Studio album by Esther Rose
- Released: May 2, 2025
- Studio: The Bomb Shelter (Nashville)
- Genre: Alternative country rock; pop;
- Length: 43:36
- Label: New West
- Producer: Ross Farbe

Esther Rose chronology
| Safe To Run (2023) | Want (2025) |  |

= Want (Esther Rose album) =

Want is the fifth studio album by American country musician Esther Rose. It was released on May 2, 2025, by New West Records.
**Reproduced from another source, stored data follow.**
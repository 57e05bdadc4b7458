//! Parts of short programs: a value under a mutex, with the condition variables on which its threads
//! wait; and the threads of one lot, which run closures with their tokens.
#![tactic(auto)]

pub mod monitor;
mod retries;
pub mod team;
pub mod waits;

pub use monitor::Monitor;
pub use team::Team;
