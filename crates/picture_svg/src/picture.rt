//! The picture: one text of SVG, with no scripts and nothing from elsewhere.

use crate::legend::{Spot, draw_legend, legend_bottom};
use crate::panels::draw_panel;
use crate::shapes::{Area, put_label, put_rect};
use crate::style::STYLE;
use crate::texts::put_text;
use lot_picture::{Column, ColumnKind, Recording};
use picture_layout::layout::{APART, COLUMN, MARGIN, Panel, Pixels, TITLE};
use picture_layout::sheet::KEY;
use picture_layout::{Length, Sheet};
use std::alloc::Global;
use std::io;
use std::io::Write;

/// The room of a line that says what isn't shown.
const NOTE: Pixels = Pixels(16);

/// How a picture is drawn.
#[derive(Clone, Copy)]
pub struct Drawing<'a> {
    /// What it is called, in place of its locks and the numbers of threads and lines.
    pub title: Option<&'a str>,
    /// The numbers of lines whose columns are framed.
    pub marks: &'a [u64],
    /// How wide it is on paper.
    pub width: Option<Length>,
    /// Whether it is part of a page, which finds each column by its rectangle, `column-K`, and keeps the
    /// names of threads in view.
    pub is_for_page: bool,
}

/// Writes the picture of a schedule.
///
/// # Errors
///
/// The errors of the writer, and `OutOfMemory`.
pub fn draw<W: Write>(
    alloc: Global,
    out: &mut W,
    recording: &Recording,
    drawing: Drawing<'_>,
) -> io::Result<()> {
    let sheet = Sheet::new(alloc, recording, drawing.title, drawing.width)?;
    let legend = sheet.legend_top();
    let notes = legend_bottom(recording, Spot::new(legend, sheet.width));
    let height = notes + notes_height(recording) + MARGIN;
    open(out, &sheet, height, drawing)?;
    draw_panels(alloc, out, &sheet, drawing)?;
    draw_keys(out, &sheet)?;
    draw_legend(out, recording, Spot::new(legend, sheet.width))?;
    draw_notes(out, recording, notes)?;
    out.write_all(b"</svg>\n")?;
    if drawing.is_for_page {
        put_names(out, &sheet)?;
    }
    Ok(())
}

/// Writes what is before the columns once more, as a picture that a page lays over the first and keeps in
/// view.
fn put_names<W: Write>(out: &mut W, sheet: &Sheet<'_>) -> io::Result<()> {
    let (top, width) = (sheet.top(), sheet.layout.left);
    let height = sheet.keys_top().less(top + APART);
    writeln!(
        out,
        "<svg id=\"names\" width=\"{width}\" height=\"{height}\" viewBox=\"0 {top} {width} {height}\" style=\"margin-top:{top}px\"><use href=\"#lots\"/></svg>"
    )
}

/// Writes all panels.
fn draw_panels<W: Write>(
    alloc: Global,
    out: &mut W,
    sheet: &Sheet<'_>,
    drawing: Drawing<'_>,
) -> io::Result<()> {
    let mut top = sheet.top();
    for number in 0..sheet.layout.panels {
        let panel = sheet.layout.panel(number, sheet.recording);
        draw_panel(alloc, out, sheet, panel, top)?;
        draw_frames(out, sheet, drawing, panel, top)?;
        top = sheet.next_top(panel, top);
    }
    Ok(())
}

/// Frames the columns of a panel that are marked, and names them for a page.
fn draw_frames<W: Write>(
    out: &mut W,
    sheet: &Sheet<'_>,
    drawing: Drawing<'_>,
    panel: Panel,
    top: Pixels,
) -> io::Result<()> {
    for (at, column) in panel.columns(sheet.recording).iter().enumerate() {
        let area = Area {
            x: sheet.layout.column(at),
            y: top,
            width: COLUMN,
            height: sheet.panel_end(panel, top).less(top),
        };
        if drawing.marks.contains(&column.number) {
            put_rect(out, "chosen", area)?;
        }
        if sheet.recording.comes_again(column.number) {
            put_rect(out, "inside", area.bar(sheet.height_of_headings(panel)))?;
        }
        if drawing.is_for_page {
            put_named(out, column, area)?;
        }
    }
    Ok(())
}

/// Writes the rectangle of a column that a page can find.
fn put_named<W: Write>(out: &mut W, column: &Column, area: Area) -> io::Result<()> {
    let Area {
        x,
        y,
        width,
        height,
    } = area;
    let number = column.number;
    writeln!(
        out,
        "<rect class=\"column\" id=\"column-{number}\" x=\"{x}\" y=\"{y}\" width=\"{width}\" height=\"{height}\"/>"
    )
}

/// Writes how large the picture is, and what it is called.
fn open<W: Write>(
    out: &mut W,
    sheet: &Sheet<'_>,
    height: Pixels,
    drawing: Drawing<'_>,
) -> io::Result<()> {
    out.write_all(b"<svg class=\"lots\" xmlns=\"http://www.w3.org/2000/svg\" ")?;
    if drawing.is_for_page {
        out.write_all(b"id=\"lots\" ")?;
    }
    let width = sheet.width;
    match drawing.width {
        Some(length) => {
            let high = length.scaled(height, width);
            write!(out, "width=\"{length}\" height=\"{high}\"")?;
        }
        None => write!(out, "width=\"{width}\" height=\"{height}\"")?,
    }
    writeln!(out, " viewBox=\"0 0 {width} {height}\">")?;
    put_title(out, sheet)?;
    writeln!(
        out,
        "{STYLE}<rect width=\"{width}\" height=\"{height}\" fill=\"#fff\"/>"
    )?;
    draw_title(out, sheet)
}

/// Writes what the picture is called, for readers that don't see it.
fn put_title<W: Write>(out: &mut W, sheet: &Sheet<'_>) -> io::Result<()> {
    out.write_all(b"<title>")?;
    for (at, line) in sheet.title.iter().enumerate() {
        if at != 0 {
            out.write_all(b" ")?;
        }
        put_text(out, line.as_bytes())?;
    }
    out.write_all(b"</title>\n")
}

fn draw_title<W: Write>(out: &mut W, sheet: &Sheet<'_>) -> io::Result<()> {
    let mut base = MARGIN + Pixels(12);
    for line in sheet.title.iter() {
        put_label(out, "title", MARGIN, base, line.as_bytes())?;
        base = base + TITLE;
    }
    Ok(())
}

/// Says what numbers in the rows mean.
fn draw_keys<W: Write>(out: &mut W, sheet: &Sheet<'_>) -> io::Result<()> {
    let mut base = sheet.keys_top() + Pixels(4);
    for line in sheet.keys.iter() {
        put_label(out, "word", MARGIN, base, line.as_bytes())?;
        base = base + KEY;
    }
    Ok(())
}

/// Something that a picture leaves out.
#[derive(Clone, Copy)]
enum Note {
    Threads,
    Locks,
    Lines,
}

const NOTES: [Note; 3] = [Note::Threads, Note::Locks, Note::Lines];

impl Note {
    /// Returns how much is left out, and of how much.
    fn counts(self, recording: &Recording) -> (u64, u64) {
        let (shown, all) = match self {
            Note::Threads => (recording.actors.len() as u64, recording.threads as u64),
            Note::Locks => (recording.rows.len() as u64, recording.names.len() as u64),
            Note::Lines => (recording.columns.len() as u64, recording.lines),
        };
        (all.saturating_sub(shown), all)
    }

    fn what(self, recording: &Recording) -> &'static str {
        match self {
            Note::Threads => "threads",
            Note::Locks => "locks",
            Note::Lines => match recording.kind {
                ColumnKind::Line => "lines",
                ColumnKind::Turn => "turns",
            },
        }
    }
}

fn notes_height(recording: &Recording) -> Pixels {
    let mut height = Pixels(0);
    for note in NOTES {
        if note.counts(recording).0 != 0 {
            height = height + NOTE;
        }
    }
    height
}

/// Says what isn't shown.
fn draw_notes<W: Write>(out: &mut W, recording: &Recording, top: Pixels) -> io::Result<()> {
    let mut base = top + Pixels(10);
    for note in NOTES {
        let (hidden, all) = note.counts(recording);
        if hidden != 0 {
            draw_note(out, note.what(recording), hidden, all, base)?;
            base = base + NOTE;
        }
    }
    Ok(())
}

fn draw_note<W: Write>(
    out: &mut W,
    what: &str,
    hidden: u64,
    all: u64,
    base: Pixels,
) -> io::Result<()> {
    writeln!(
        out,
        "<text x=\"{MARGIN}\" y=\"{base}\">Not shown: {hidden} of {all} {what}.</text>"
    )
}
Also known as The Therapy LP, Want consists of eleven songs featuring a total runtime of over forty-three minutes and it was produced by Rose. It was preceded by Rose's 2023 record, Safe To Run. Incorporating alternative country rock, the album centers on the themes of regret, affection, and heartbreak.

==Reception==

Andrew Perry of Mojo assigned the album a rating of four stars, commenting "Caution, be damned – Want merits unreserved attention." Fiona Shepherd of Uncut rated Want seven out of ten and remarked, "Santa Fe-based songwriter lets it all hang out in raw but witty style." AllMusic described the album's songs as "strong" and praised Rose's "warm, empowered storytelling, playfully poetic way with words, and engaging sense of melody."

Professional ratings
Review scores
| Source | Rating |
| AllMusic | Star |
| Mojo | Star |
| Uncut | Star |

==Track listing==

Want track listing
| No. | Title | Length |
|---|---|---|
| 1. | "Want" | 4:58 |
| 2. | "Tailspin" (featuring Video Age) | 3:38 |
| 3. | "Had to" | 4:12 |
| 4. | "Ketamine" | 3:40 |
| 5. | "Rescue You" | 4:23 |
| 6. | "Scars" (featuring Dean Johnson) | 3:16 |
| 7. | "Messenger" | 2:09 |
| 8. | "New Bad" | 3:44 |
| 9. | "The Clown" | 3:55 |
| 10. | "Color Wheel" | 4:03 |
| 11. | "Want Pt. 2" | 5:38 |
| Total length: |  | 43:36 |

==Personnel==
Credits adapted from the album's liner notes.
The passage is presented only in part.